Segment Open
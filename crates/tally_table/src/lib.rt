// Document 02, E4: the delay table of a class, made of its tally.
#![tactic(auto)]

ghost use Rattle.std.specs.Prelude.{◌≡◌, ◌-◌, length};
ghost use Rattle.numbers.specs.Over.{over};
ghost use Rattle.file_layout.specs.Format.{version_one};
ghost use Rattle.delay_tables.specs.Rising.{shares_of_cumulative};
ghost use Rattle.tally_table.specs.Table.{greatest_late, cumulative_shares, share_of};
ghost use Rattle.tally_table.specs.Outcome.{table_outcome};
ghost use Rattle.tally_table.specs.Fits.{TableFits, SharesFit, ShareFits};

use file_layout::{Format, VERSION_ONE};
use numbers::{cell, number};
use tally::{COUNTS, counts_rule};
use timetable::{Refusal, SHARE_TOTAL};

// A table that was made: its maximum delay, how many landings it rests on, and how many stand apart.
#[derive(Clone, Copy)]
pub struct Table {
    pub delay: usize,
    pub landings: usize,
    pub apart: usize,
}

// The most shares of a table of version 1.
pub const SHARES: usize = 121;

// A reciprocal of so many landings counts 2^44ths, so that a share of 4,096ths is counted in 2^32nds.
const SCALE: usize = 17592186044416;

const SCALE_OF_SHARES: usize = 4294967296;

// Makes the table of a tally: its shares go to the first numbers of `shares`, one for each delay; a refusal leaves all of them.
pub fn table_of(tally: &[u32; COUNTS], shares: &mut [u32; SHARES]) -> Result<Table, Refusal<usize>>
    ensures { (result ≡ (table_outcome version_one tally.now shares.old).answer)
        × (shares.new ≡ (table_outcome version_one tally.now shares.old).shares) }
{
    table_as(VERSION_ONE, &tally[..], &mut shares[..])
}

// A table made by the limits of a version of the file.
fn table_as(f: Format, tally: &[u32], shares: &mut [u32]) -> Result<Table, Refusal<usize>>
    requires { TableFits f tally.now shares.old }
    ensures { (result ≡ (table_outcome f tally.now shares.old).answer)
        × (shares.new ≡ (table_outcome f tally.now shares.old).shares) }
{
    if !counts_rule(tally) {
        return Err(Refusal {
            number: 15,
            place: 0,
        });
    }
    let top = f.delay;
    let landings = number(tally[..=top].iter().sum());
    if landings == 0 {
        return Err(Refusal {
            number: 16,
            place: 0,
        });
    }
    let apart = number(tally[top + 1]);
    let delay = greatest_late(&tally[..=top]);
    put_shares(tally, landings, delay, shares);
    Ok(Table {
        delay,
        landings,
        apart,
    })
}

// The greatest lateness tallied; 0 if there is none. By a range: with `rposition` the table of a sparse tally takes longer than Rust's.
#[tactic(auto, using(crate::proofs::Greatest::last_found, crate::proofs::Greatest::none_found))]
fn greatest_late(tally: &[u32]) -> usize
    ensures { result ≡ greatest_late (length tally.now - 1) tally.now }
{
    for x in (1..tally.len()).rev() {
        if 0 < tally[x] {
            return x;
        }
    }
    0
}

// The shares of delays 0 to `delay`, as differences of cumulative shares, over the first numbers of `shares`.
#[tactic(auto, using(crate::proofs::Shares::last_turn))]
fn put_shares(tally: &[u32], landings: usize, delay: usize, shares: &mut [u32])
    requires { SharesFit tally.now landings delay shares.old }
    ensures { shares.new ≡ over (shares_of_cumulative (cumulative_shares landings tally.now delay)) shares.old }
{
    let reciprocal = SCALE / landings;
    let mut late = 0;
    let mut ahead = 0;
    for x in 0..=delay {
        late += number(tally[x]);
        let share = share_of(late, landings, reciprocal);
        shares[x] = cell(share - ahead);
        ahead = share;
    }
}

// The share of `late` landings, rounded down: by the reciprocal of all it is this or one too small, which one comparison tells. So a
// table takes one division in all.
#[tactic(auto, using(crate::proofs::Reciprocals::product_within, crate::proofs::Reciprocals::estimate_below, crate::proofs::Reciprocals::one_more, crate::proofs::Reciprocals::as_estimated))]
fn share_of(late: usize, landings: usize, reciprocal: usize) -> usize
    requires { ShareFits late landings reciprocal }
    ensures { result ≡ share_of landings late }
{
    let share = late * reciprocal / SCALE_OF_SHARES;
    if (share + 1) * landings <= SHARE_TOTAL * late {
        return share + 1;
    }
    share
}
Segment Closed
Segment Open
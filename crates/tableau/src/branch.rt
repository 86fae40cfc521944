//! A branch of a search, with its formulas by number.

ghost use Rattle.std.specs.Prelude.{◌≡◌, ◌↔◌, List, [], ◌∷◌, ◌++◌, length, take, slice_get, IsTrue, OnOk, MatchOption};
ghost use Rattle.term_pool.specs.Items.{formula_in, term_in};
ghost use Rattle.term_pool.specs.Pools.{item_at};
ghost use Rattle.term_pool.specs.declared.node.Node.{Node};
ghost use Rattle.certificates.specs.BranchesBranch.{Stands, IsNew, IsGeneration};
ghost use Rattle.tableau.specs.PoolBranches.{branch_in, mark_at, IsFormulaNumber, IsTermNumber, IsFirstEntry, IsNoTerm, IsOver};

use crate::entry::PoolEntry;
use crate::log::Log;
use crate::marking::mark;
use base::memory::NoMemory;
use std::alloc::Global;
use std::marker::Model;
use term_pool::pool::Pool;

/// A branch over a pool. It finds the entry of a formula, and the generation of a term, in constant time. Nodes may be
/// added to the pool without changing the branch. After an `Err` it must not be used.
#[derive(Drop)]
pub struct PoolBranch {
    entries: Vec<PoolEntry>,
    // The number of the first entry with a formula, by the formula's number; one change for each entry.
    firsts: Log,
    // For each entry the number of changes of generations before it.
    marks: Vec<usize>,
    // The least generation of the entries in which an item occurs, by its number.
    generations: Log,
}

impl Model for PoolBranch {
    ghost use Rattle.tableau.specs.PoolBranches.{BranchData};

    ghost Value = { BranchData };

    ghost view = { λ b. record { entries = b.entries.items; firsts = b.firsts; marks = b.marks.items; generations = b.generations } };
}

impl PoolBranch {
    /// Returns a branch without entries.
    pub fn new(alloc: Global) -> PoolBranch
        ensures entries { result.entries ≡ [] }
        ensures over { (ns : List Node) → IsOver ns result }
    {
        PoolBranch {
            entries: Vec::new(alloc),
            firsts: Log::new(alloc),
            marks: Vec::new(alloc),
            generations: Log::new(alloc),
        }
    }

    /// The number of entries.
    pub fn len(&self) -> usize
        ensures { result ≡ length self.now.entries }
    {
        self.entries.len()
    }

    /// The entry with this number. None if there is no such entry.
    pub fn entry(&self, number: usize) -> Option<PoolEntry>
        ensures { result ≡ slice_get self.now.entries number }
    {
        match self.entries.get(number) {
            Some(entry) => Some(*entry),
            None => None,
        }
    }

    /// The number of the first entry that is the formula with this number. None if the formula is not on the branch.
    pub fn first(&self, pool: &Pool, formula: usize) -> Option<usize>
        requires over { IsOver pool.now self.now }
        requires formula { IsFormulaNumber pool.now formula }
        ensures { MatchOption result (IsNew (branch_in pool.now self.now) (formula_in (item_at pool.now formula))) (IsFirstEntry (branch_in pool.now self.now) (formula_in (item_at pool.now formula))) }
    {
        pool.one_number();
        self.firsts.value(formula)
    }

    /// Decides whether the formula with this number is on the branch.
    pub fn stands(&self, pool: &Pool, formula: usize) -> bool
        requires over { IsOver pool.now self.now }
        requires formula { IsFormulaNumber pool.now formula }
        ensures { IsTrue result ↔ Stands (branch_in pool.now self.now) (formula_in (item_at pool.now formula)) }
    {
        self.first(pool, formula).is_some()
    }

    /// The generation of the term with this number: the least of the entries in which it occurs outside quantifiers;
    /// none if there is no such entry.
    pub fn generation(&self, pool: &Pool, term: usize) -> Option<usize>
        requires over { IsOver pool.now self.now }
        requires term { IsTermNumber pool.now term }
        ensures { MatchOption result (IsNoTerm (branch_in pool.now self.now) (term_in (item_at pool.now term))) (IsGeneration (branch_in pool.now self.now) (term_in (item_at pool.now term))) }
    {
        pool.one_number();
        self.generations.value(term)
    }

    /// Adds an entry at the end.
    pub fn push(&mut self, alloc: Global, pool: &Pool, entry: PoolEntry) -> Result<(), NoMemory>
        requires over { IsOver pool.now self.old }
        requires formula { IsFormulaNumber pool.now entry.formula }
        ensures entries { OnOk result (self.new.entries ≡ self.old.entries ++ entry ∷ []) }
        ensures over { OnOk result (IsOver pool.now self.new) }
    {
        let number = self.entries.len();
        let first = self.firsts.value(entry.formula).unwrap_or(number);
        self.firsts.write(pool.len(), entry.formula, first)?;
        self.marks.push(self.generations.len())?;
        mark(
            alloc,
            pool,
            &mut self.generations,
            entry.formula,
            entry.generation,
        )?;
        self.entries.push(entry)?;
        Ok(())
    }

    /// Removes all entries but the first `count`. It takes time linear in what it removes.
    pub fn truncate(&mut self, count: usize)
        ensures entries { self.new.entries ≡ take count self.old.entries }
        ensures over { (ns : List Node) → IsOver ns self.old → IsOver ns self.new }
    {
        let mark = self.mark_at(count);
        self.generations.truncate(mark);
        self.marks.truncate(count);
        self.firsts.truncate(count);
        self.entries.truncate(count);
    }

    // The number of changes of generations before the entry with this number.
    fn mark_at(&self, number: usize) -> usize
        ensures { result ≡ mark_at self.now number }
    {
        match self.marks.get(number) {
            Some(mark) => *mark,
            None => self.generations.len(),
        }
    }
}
Segment Closed
## EXERCISE DIRECTIONS
Show all lines in the entries above where the word "tactic" appears.

## YOUR SOLUTION
#![tactic(auto)]
#[tactic(auto, using(crate::proofs::Greatest::last_found, crate::proofs::Greatest::none_found))]
#[tactic(auto, using(crate::proofs::Shares::last_turn))]
#[tactic(auto, using(crate::proofs::Reciprocals::product_within, crate::proofs::Reciprocals::estimate_below, crate::proofs::Reciprocals::one_more, crate::proofs::Reciprocals::as_estimated))]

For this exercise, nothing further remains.